Along with words & the predictability of stupidity, never underestimate the power of a good workshop. In fact, I’m a firm advocate of replacing (often pointless & frankly irritating) meetings with them altogether. Why? I hear you say. Strap in for some truth bombs.

Why workshops are better than meetings:

  • Rather than a vague discussion, they have clear & defined goals/ objectives that you are trying to solve during the session & create clear actions.
  • They are structured in a way that benefits from each person’s skills & encourages ‘outside the box’ thinking.
  • If run correctly, they can solve problems in the shortest amount of time. Problem to tested prototype in just 5 days? Oh, go on then.
Design Sprint process on a wall

Running a good workshop, however, can be hard, & if you’re not careful can descend into the futile wasteland currently occupied by meetings. Following a process is simple enough but controlling the team, managing the content & ensuring you hit the goals/ objectives can be tricky. Here are some quick tips to have you running workshops like a pro.

1. The 6 Ps Of Success

Proper planning prevents piss poor performance. Some prefer ‘fail to prepare, prepare to fail’ but I’ve always been one for alliterative acrobatics. Prepare the agenda, practice (even into a mirror) & get advice from others you work with to agree a structure for the session.

  • Set a timeline
  • Set your clear focus objectives (remember, we’re here get sh@t done)

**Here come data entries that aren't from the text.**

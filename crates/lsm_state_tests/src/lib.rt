//! Tests of `lsm_parts` and `lsm_state`, and nothing else: a crate with tests is proved twice, with and without
//! them, so they stand here and not there.
//!
//! | Module | Tests |
//! |-|-|
//! | `errors` | the numbers and the names of errors |
//! | `counters` | the counter of numbers |
//! | `memtables` | look-ups, sizes and bounds of a memtable |
//! | `versions` | sealed memtables, the history of super versions, which are forgotten, and which files go |
//! | `guards` | what a guard hands out |
//! | `prefixes` | the bounds of the keys that begin alike |
//! | `iterators` | what iterators give over memtables, from both ends |
//! | `trees` | writes, reads of one key and rotation of a tree |
//! | `tree_ranges` | a tree's reads of many keys |
//! | `flushes` | flushes, old snapshots over them, what a crash leaves, and what a store that fails |
//! | `compactions` | compactions: which are declined and why, open merges, a store that fails after a commit |
//! | `strategies` | what strategies do to a tree, and dropped ranges |
//! | `clears` | clears, what comes too late after one, and what is left of one that fails |
//! | `crashes` | crashes at each store call, and what is opened after each |
//!
//! A tree is tested by scripts, which are data: rows of calls, each with what it answers, and of what the tree shows.
//!
//! | Module | Holds |
//! |-|-|
//! | `samples` | keys, entries and bounds of text |
//! | `given` | how the others look at what iterators give |
//! | `steps` | the calls, and what they answer |
//! | `works` | those that compact |
//! | `rows` | calls with what they answer, and looks at what a tree shows and counts |
//! | `scripts` | rows, jobs that stay open over rows, and crashes between them |
//!
//! Helpers borrow what they look at and answer whether it is as wanted: a proof takes a tree or a table that is dropped
//! at the end of a block to all its pieces, and does so once more for each `?` before it.
#![tactic(auto)]

#[cfg(test)]
mod clears;
#[cfg(test)]
mod compactions;
#[cfg(test)]
mod counters;
#[cfg(test)]
mod crashes;
#[cfg(test)]
mod errors;
#[cfg(test)]
mod flushes;
#[cfg(test)]
mod given;
#[cfg(test)]
mod guards;
#[cfg(test)]
mod iterators;
#[cfg(test)]
mod memtables;
#[cfg(test)]
mod prefixes;
#[cfg(test)]
mod rows;
#[cfg(test)]
mod samples;
#[cfg(test)]
mod scripts;
#[cfg(test)]
mod steps;
#[cfg(test)]
mod strategies;
#[cfg(test)]
mod tree_ranges;
#[cfg(test)]
mod trees;
#[cfg(test)]
mod versions;
#[cfg(test)]
mod works;
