// How several tests look at what iterators give.
use lsm_state::{
    Error, Guard, InternalValue, IterGuard, Pairs, SeqNo, TreeIter, UserKey, UserValue,
};
use std::alloc::Global;

/// Whether a pair of this key was given: none where the name is empty.
pub fn gives(guard: Option<Guard>, name: &str) -> bool {
    match guard {
        Some(guard) => match guard.key() {
            Ok(key) => key.as_slice() == name.as_bytes(),
            Err(_) => false,
        },
        None => name.is_empty(),
    }
}

/// Whether an entry of this sequence number was given.
fn has_number(entry: Option<Result<InternalValue, Error>>, seqno: SeqNo) -> bool {
    match entry {
        Some(Ok(entry)) => entry.key.seqno == seqno,
        _ => false,
    }
}

/// A step of an iterator, and what it gives: a key, none where it is empty, or the number of an entry.
pub enum Turn {
    Front(&'static str),
    Back(&'static str),
    FrontEntry(SeqNo),
    BackEntry(SeqNo),
}

fn turns_so(iter: &mut TreeIter, turn: &Turn) -> bool {
    match turn {
        Turn::Front(name) => gives(iter.next(), *name),
        Turn::Back(name) => gives(iter.next_back(), *name),
        Turn::FrontEntry(seqno) => has_number(iter.next_entry(), *seqno),
        Turn::BackEntry(seqno) => has_number(iter.next_entry_back(), *seqno),
    }
}

/// Whether an iterator takes all these steps so.
pub fn takes(iter: Result<TreeIter, Error>, turns: &[Turn]) -> bool {
    let Ok(mut iter) = iter else {
        return false;
    };
    let mut right = true;
    for turn in turns {
        right = right && turns_so(&mut iter, turn);
    }
    right
}

/// The keys and values that are given, one after the other.
pub fn listed(alloc: Global, iter: Result<TreeIter, Error>) -> Result<Vec<u8>, Error> {
    let iter = iter?;
    let mut found = Vec::new(alloc);
    for guard in iter {
        let (key, value) = guard.into_inner()?;
        found.extend_from_slice(key.as_slice())?;
        found.extend_from_slice(value.as_slice())?;
    }
    Ok(found)
}

/// The keys and values that are lent, one after the other.
pub fn lent(alloc: Global, pairs: Result<Pairs<'_>, Error>) -> Result<Vec<u8>, Error> {
    let pairs = pairs?;
    let mut found = Vec::new(alloc);
    for (key, value) in pairs {
        found.extend_from_slice(key.as_slice())?;
        found.extend_from_slice(value.as_slice())?;
    }
    Ok(found)
}

/// Whether pairs lend these two keys from their ends, the last one first.
pub fn lends_ends(pairs: Result<Pairs<'_>, Error>, first: &str, last: &str) -> bool {
    let Ok(mut pairs) = pairs else {
        return false;
    };
    let back = pairs.next_back();
    let front = pairs.next();
    has_key(back, last) && has_key(front, first)
}

/// Whether a pair of this key was lent: none where the name is empty.
fn has_key(pair: Option<(&UserKey, &UserValue)>, name: &str) -> bool {
    match pair {
        Some((key, _)) => key.as_slice() == name.as_bytes(),
        None => name.is_empty(),
    }
}

/// Whether the bytes are those of this text.
pub fn is(bytes: Result<Vec<u8>, Error>, text: &str) -> bool {
    match bytes {
        Ok(bytes) => bytes.as_slice() == text.as_bytes(),
        Err(_) => false,
    }
}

2. Think About The Logistics For The Meeting

Yes, this sounds bleeding obvious but you don’t want to be wasting valuable time scrambling around looking for things.

  • What do you need for the meeting (pens, white boards, post-it notes….)?
  • Do you have a room booked with the right number of chairs and enough space?
  • Do you understand your audience (names/positions)?
  • How will you get to the workshop if it’s offsite and you have a lot to carry?

3. Communication & Attendance

Almost as important as remembering to bring pens… The last thing you want is for the wrong people to turn up or, more realistically, key decision-makers not attending. Although everybody contributes, they get the final say.

Make sure you send out a confirmation email to everyone confirming:

  • Their attendance (provide the full list if appropriate)
  • The purpose of the workshop,
  • the goal of the day
  • and the agenda

4. Trust The Process

You’ve followed Rule 1 meticulously & are on course to prevent piss poor performance. You know what your goals & objectives are & you have chosen the right workshop process to match the outcome needs. Trust the process.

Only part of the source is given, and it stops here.